Definition of infinite permutations I've been trying to find a definition of an infinite permutation on-line without much success. Does there exist a canonical definition or are there various ways one might go about defining this?
The obvious candidate I guess would be a bijection p : {1,2,...} -> {1,2,...} between the natural numbers. One might also try to use the Robinson-Schensted correspondence between permutations of length n and pairs of standard Young tableaux of size n. Then one would need a definition of infinite Young tableaux.
Another correspondence that might be used is between permutations and permutation matrices.
 A: There are two closely related definitions which satisfy the properties you want. 
First, consider the group $\Sigma_k$ of all bijections $\pi: \Bbb Z \to \Bbb Z$ such that $\pi(x+k) = \pi(x)+k$ for all $x$.  Note that $S_k$ is a subgroup in $\Sigma_k$ - simply take any permutation of $\{1,\ldots,k\}$ and extend it periodically to all $x$.  This group (introduced by Lusztig) is finitely generated and is closely related to affine Lie algebra $\widehat A_k$.  The RSK algorithm does not exactly work here, but Lusztig does study the shape of Young diagrams (of what would be resulting two tableaux). The shape is a partition of $k$, and can be described using decreasing subsequences, extending Curtis Greene's theorem (I forgot if this is in Lusztig's paper or my own easy observation). 

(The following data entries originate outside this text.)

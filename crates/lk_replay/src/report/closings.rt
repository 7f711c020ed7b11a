//! The last line of a report: its end, a refused move, or the fault of its text.

ghost use Rattle.std.specs.Prelude.{◌≡◌, ◌≤◌, ◌++◌, length, IfOk, List, OnErr, take, ℕ};
ghost use Rattle.lk_lines.specs.Reads.{IsOfText, Fails};
ghost use Rattle.lk_replay.specs.Report.{at_line, fault_line, last_line, refusal_text, report_text};
ghost use Rattle.lk_replay.specs.Schedule.{plan_of};

use crate::report::text::Text;
use itoa::Buffer;
use lk_lines::{ReadFault, move_text};
use lk_locks::{Move, Refusal};
use std::alloc::AllocError;

// `WHAT line L `
fn at_line(what: &[u8], line: u32) -> Text
    requires { length what.now ≤ 16 }
    ensures text { result ≡ at_line what.now line }
    ensures short { length result ≤ 64 }
{
    let mut number = Buffer::new();
    let mut text = Text::new();
    text.push(what);
    text.push(b" line ");
    text.push(number.format(line).as_bytes());
    text.push(b" ");
    text
}

// Appends why a move was refused.
#[tactic(auto, unfolding(crate::specs::Report::refusal_text))]
fn push_reason(text: &mut Text, refusal: Refusal)
    requires { length text.old ≤ 64 }
    ensures reason { text.new ≡ text.old ++ refusal_text refusal }
    ensures short { length text.new ≤ 128 }
{
    text.push(refusal.name().as_bytes());
    if let Refusal::WrongStep { next } = refusal {
        text.push(b" next ");
        text.push(move_text(Move::Step(next)).as_bytes());
    }
}

/// Puts the last line of a replay with `count` accepted moves at the front of a place, and returns
/// how long it is.
pub fn put_last(place: &mut [u8], count: u32, refused: Option<(u32, Refusal)>) -> usize
    requires { 320 ≤ length place.old }
    ensures text { take result place.new ≡ last_line count refused }
    ensures fits { result ≤ length place.new }
{
    let mut number = Buffer::new();
    let mut line = Text::new();
    match refused {
        Some((number, refusal)) => {
            line = at_line(b"refused", number);
            push_reason(&mut line, refusal);
        }
        None => {
            line.push(b"end ");
            line.push(number.format(count).as_bytes());
        }
    }
    line.push(b"\n");
    let text = line.as_slice();
    place[..text.len()].copy_from_slice(text);
    text.len()
}

/// The line of a text's fault, which is the whole report of the text.
///
/// # Errors
///
/// `OutOfMemory` is no fault of a text.
#[tactic(auto, unfolding(crate::specs::Report::report_text))]
pub fn fault_text(fault: ReadFault) -> Result<Text, AllocError>
    ensures line { IfOk result (λ line.
        (bytes : List ℕ) → Fails fault (plan_of bytes) → line ≡ report_text bytes) }
    ensures no_memory { IfOk result (λ line. IsOfText fault) }
    ensures none { OnErr result (fault ≡ ReadFault.OutOfMemory) }
{
    let (mut text, name) = match fault {
        ReadFault::NoHeader(line) => (at_line(b"fault", line), "NoHeader"),
        ReadFault::BadHeader(line) => (at_line(b"fault", line), "BadHeader"),
        ReadFault::BadThreads(line) => (at_line(b"fault", line), "BadThreads"),
        ReadFault::BadLine(line) => (at_line(b"fault", line), "BadLine"),
        ReadFault::TooManyMoves(line) => (at_line(b"fault", line), "TooManyMoves"),
        ReadFault::WordsTooNarrow(line) => (at_line(b"fault", line), "WordsTooNarrow"),
        ReadFault::TooLong => (Text::new(), "fault TooLong"),
        ReadFault::OutOfMemory => return Err(AllocError),
    };
    text.push(name.as_bytes());
    text.push(b"\n");
    Ok(text)
}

Second, a somewhat related definition is the group $\Phi_k$ of bijections $\pi: \Bbb N \to \Bbb N$ such that $\pi(x+k) = \pi(x)+k$ for all $x$ large enough.  I studied this definition in this paper.  This group $\Phi_k$ is also finitely generated. It is very suitable for RSK, which is not always, but sometimes invertible.  The asymptotic shape I defined is essentially the same as Lusztig's.  Neither I nor anyone else studied the infinite matrix extension.  The infinite permutation version is already difficult enough.  
A: A permutation on a set A (which need not be countable) is just a bijective map A -> A.
A: Fon-Der-Flaass and Frid have recently introduced and studied infinite permutations as linear orderings of countable sets with respect to a given "natural" linear ordering. That is, given a countable set X (usually ℕ or ℤ), an infinite permutation π of X is a linear ordering ≤π of X that may differ from the "natural" linear ordering of X. If we take X to be finite, then this definition coincides with usual definition of a finite permutation as a bijective map from X to itself.
A: You might also be interested in the "juggling patterns" of Knutson, Lam, and Speyer, defined here: http://arxiv.org/abs/1111.3660.
Also known as bounded affine permutations, these are a subset of the affine permutations that Lusztig introduced mentioned by Igor Pak. Namely, they are the affine permutations $\Sigma_n$ (so $\pi$ a permutation $\mathbb{Z} \to \mathbb{Z}$ with $\pi(i+n) = \pi(i)+n$) that also satisfy $i \leq \pi(i) \leq i + n$. They are related to total positivity and the positroid stratification. There is a nice way to visualize them as juggling patterns, where the number of balls being juggled is equal to the average $\frac{1}{n}\sum_{i=1}^{n}(f(i) -i)$.
A: The bijection definition is fine, although it's not a very nice group.  One might also consider the group generated by all transpositions on {1, 2, ...}, which is the subgroup of all bijections that fix all but finitely many elements, and this group is likely to be much nicer; it's countable, for one thing.
Edit:  I guess it's worth noting that as far as I can tell the term infinite symmetric group is used by mathematicians to refer to the subgroup I described.